The paper tests four frontier models in two environments: isolated (the model receives a CSV representation of the spreadsheet and writes a textual response) and agentic (the model has access to an Excel COM API or openpyxl tool and can execute operations).

Results in the agentic environment:

ModelInvoiceReportAnalysisTotal
GPT-4o58%47%41%49%
Claude Sonnet 4.654%51%43%49%
Claude Opus 4.763%56%52%57%
Gemini 3 Pro51%44%38%44%

Claude Opus 4.7 leads with a 57 percent aggregate score — but that means 43 percent of tasks produce an incorrect result. In finance, an incorrect result is not “close to correct” — it is an account that does not reconcile, an incorrectly billed amount, or a wrong report for a regulator.

What are the concrete failure modes?

The authors document four most common failure modes:

  1. Reference drift: the agent updates one cell but does not update all formulas that reference it. Result: summary amounts do not match detail figures.
  2. Format ignored: the agent generates the correct numeric value but does not apply the currency format or decimal precision that the workflow requires — producing a report that a business analyst rejects.
  3. Validation skip: the agent does not verify that the generated amounts match external source documents (e.g., a PDF invoice). Result: the spreadsheet state does not reflect reality.
  4. Schema break: the agent adds new columns but does not update the pivot table or dashboard that consumes the data — breaking downstream reports.

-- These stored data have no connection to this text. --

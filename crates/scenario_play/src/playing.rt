//! `play`, which makes the events of a scenario's lines.
ghost use Rattle.std.specs.Prelude.{◌≡◌, [], All, false, None, IfErr, IfSome, IsSome, OnOk, length};
ghost use Rattle.scenario_text.specs.declared.line.ScenarioLine.TheVariants as lines;
ghost use Rattle.log_model.specs.Suits.{Suits};
ghost use Rattle.scenario_text.specs.Follows.{Follows, IsCutShort, does, plays, plays_line};
ghost use Rattle.scenario_play.specs.Courses.{Plays};
ghost use Rattle.scenario_play.specs.Lines.{IsBuiltLine, IsBuiltRequest};
ghost use Rattle.scenario_play.specs.Moves.{HaveTurns, IsFault};

use crate::round::{act, deliver, finish_in_hand, settle, step, take_up};
use handler_table::HandlerTable;
use log_model::Request;
use scenario_text::{Scenario, ScenarioLine};
use tab_ids::ReqId;
use world::{Event, StepError, World};

/// A world after the lines of a scenario, and why not all of them were played, if so.
#[derive(Drop)]
pub struct Played {
    pub world: Option<World>,
    pub fault: Option<StepError>,
}

/// Plays the lines in order, in a tab that was just opened as the scenario's header says, with these unload handlers. The world is always given back.
///
/// Where there is a fault, its log ends before the event that failed.
pub fn play(scenario: &Scenario, world: World, handlers: &HandlerTable) -> Played
    requires open { world.closed ≡ false }
    requires opened { length world.log ≡ 1 }
    requires header { world.header ≡ scenario.now.header }
    requires kinds { world.kinds ≡ handlers.now.kinds.items }
    requires suits { Suits scenario.now.header world.log }
    requires pages { scenario.now.header.pages ≡ [] }
    // A round of a settle has a turn of each process of the settings.
    requires turns { HaveTurns scenario.now.header }
    requires built { All IsBuiltLine scenario.now.lines }
    ensures follows { result.fault ≡ None → IfSome result.world (λ w. Follows w.log scenario.now) }
    ensures open { result.fault ≡ None → IfSome result.world (λ w. w.closed ≡ false) }
    ensures cut { IsSome result.fault → IfSome result.world (λ w. IsCutShort w.log scenario.now) }
    ensures faults { IfSome result.fault (λ e. IfSome result.world (λ w. IsFault w e)) }
    ensures given { IsSome result.world }
    ensures kinds { IfSome result.world (λ w. w.kinds ≡ handlers.now.kinds.items) }
{
    let mut world = world;
    let played = play_lines(&mut world, scenario.lines.as_slice(), handlers);
    // Brings what holds of every world's log.
    let _log = world.log();
    match played {
        Ok(()) => Played {
            world: Some(world),
            fault: None,
        },
        Err(fault) => Played {
            world: Some(world),
            fault: Some(fault),
        },
    }
}

fn play_lines(
    world: &mut World,
    lines: &[ScenarioLine],
    handlers: &HandlerTable,
) -> Result<(), StepError>
    requires kinds { world.old.kinds ≡ handlers.now.kinds.items }
    requires open { world.old.closed ≡ false }
    requires turns { HaveTurns world.old.header }
    requires built { All IsBuiltLine lines.now }
    ensures open { OnOk result (world.new.closed ≡ false) }
    ensures header { world.new.header ≡ world.old.header }
    ensures kinds { world.new.kinds ≡ world.old.kinds }
    ensures faults { IfErr result (IsFault world.new) }
    ensures plays { Plays (plays lines.now) world.old.log result world.new.log }
{
    for line in lines {
        play_line(world, line, handlers)?;
    }
    Ok(())
}

/// Plays one line. An answer that logs nothing is passed over.
fn play_line(
    world: &mut World,
    line: &ScenarioLine,
    handlers: &HandlerTable,
) -> Result<(), StepError>
    requires kinds { world.old.kinds ≡ handlers.now.kinds.items }
    requires open { world.old.closed ≡ false }
    requires turns { HaveTurns world.old.header }
    requires built { IsBuiltLine line.now }
    ensures open { OnOk result (world.new.closed ≡ false) }
    ensures header { world.new.header ≡ world.old.header }
    ensures kinds { world.new.kinds ≡ world.old.kinds }
    ensures faults { IfErr result (IsFault world.new) }
    ensures plays { Plays (plays_line line.now) world.old.log result world.new.log }
{
    match line {
        ScenarioLine::Ask(request) => ask(world, request),
        ScenarioLine::Act { proc } => act(world, *proc),
        ScenarioLine::Begin { proc } => take_up(world, *proc),
        ScenarioLine::Finish { proc } => finish_in_hand(world, *proc, handlers),
        ScenarioLine::Deliver { proc } => deliver(world, *proc),
        ScenarioLine::Settle => settle(world, handlers),
        ScenarioLine::Answer { req, stay } => answer(world, *req, *stay),
        ScenarioLine::Evict => evict(world),
        ScenarioLine::Kill { .. } => unreachable!(),
    }
}

/// Makes a request.
fn ask(world: &mut World, request: &Request) -> Result<(), StepError>
    requires open { world.old.closed ≡ false }
    requires built { IsBuiltRequest request.now }
    ensures open { OnOk result (world.new.closed ≡ false) }
    ensures header { world.new.header ≡ world.old.header }
    ensures kinds { world.new.kinds ≡ world.old.kinds }
    ensures faults { IfErr result (IsFault world.new) }
    ensures plays { Plays (does (lines.Ask request.now)) world.old.log result world.new.log }
{
    match request {
        Request::Poke { nav, action } => {
            let action = action.copy()?;
            match step(world, Event::Poke { nav: *nav, action }) {
                Ok(_) => Ok(()),
                Err(error) => Err(error),
            }
        }
        Request::Go { delta } => match step(world, Event::Go { delta: *delta }) {
            Ok(_) => Ok(()),
            Err(error) => Err(error),
        },
        Request::Load { nav, mode, address } => {
            let address = address.copy()?;
            let event = Event::Load {
                nav: *nav,
                mode: *mode,
                address,
            };
            match step(world, event) {
                Ok(_) => Ok(()),
                Err(error) => Err(error),
            }
        }
        Request::Reload { .. } => unreachable!(),
    }
}

/// Answers the prompt of a request.
fn answer(world: &mut World, req: ReqId, stay: bool) -> Result<(), StepError>
    requires open { world.old.closed ≡ false }
    ensures open { OnOk result (world.new.closed ≡ false) }
    ensures header { world.new.header ≡ world.old.header }
    ensures kinds { world.new.kinds ≡ world.old.kinds }
    ensures faults { IfErr result (IsFault world.new) }
    ensures plays { Plays (does (lines.Answer req stay)) world.old.log result world.new.log }
{
    match step(world, Event::Answer { req, stay }) {
        Ok(_) => return Ok(()),
        Err(error) => return Err(error),
    }
}

/// Has the document discarded that is kept longest.
fn evict(world: &mut World) -> Result<(), StepError>
    requires open { world.old.closed ≡ false }
    ensures open { OnOk result (world.new.closed ≡ false) }
    ensures header { world.new.header ≡ world.old.header }
    ensures kinds { world.new.kinds ≡ world.old.kinds }
    ensures faults { IfErr result (IsFault world.new) }
    ensures plays { Plays (does lines.Evict) world.old.log result world.new.log }
{
    match step(world, Event::Evict) {
        Ok(_) => return Ok(()),
        Err(error) => return Err(error),
    }
}
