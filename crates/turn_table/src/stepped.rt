//! `Stepped`, a value that events step, each with a reply.

/// A value that is stepped by one event at a time.
pub trait Stepped: Drop {
    type Event;

    type Reply;

    // An event may lead from a value to another with a reply. A step may find no memory, so one event may lead to several.
    ghost goes: { Self → Self.Event → Self.Reply → Self → Type 0 };

    // An event is for the first seat alone.
    ghost for_first: { Self.Event → Type 0 };

    /// Makes one step.
    fn step(&mut self, event: Self::Event) -> Self::Reply
        ensures { goes self.old event result self.new };
}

What does this mean for SaaS products marketed as “AI for accountants”?

The implications for enterprise AI products are concrete. Products marketed as “automated invoice processing” or “AI bookkeeper” — including some top-tier SaaS products on the Croatian and European markets — most likely cannot reliably process an entire workflow without human review at every step. Marketing materials often suggest autonomous processing; the benchmark shows that the reality is still “AI suggests, human approves.”

The authors suggest two directions for improvement. First, fine-tuning models on curated spreadsheet workflow datasets (labeled datasets of ~10,000 tasks, which the benchmark uses, exist). Second, integrating a formal validation layer that verifies semantic equivalence of old and new state before applying changes — preventing reference drift and schema break failure modes.

WorkstreamBench is public and available to researchers for reproduction and extension.

Frequently Asked Questions

Why is a financial spreadsheet workflow hard for AI?
Spreadsheet tasks in finance are not isolated Excel tricks — they involve end-to-end logic connecting 10–50 cells, formulas with VLOOKUP and INDEX-MATCH structures, validation against external sources, and conditional formatting that reflects business rules. An agent must understand both structure and semantics.
Which models are tested?
The paper tests GPT-4o, Claude Sonnet 4.6, Claude Opus 4.7, and Gemini 3 Pro in an isolated environment (no external tool) and in an agentic environment (with an Excel API tool). Performance is measured through formula correctness, end-state validity, and workflow completion rate.
What are the practical implications of the results?
For SaaS products marketed as 'AI for accountants' (automated invoice processors, AI bookkeepers) — the results show that reliable automation of real financial spreadsheet workflows is still out of reach without human review at every step.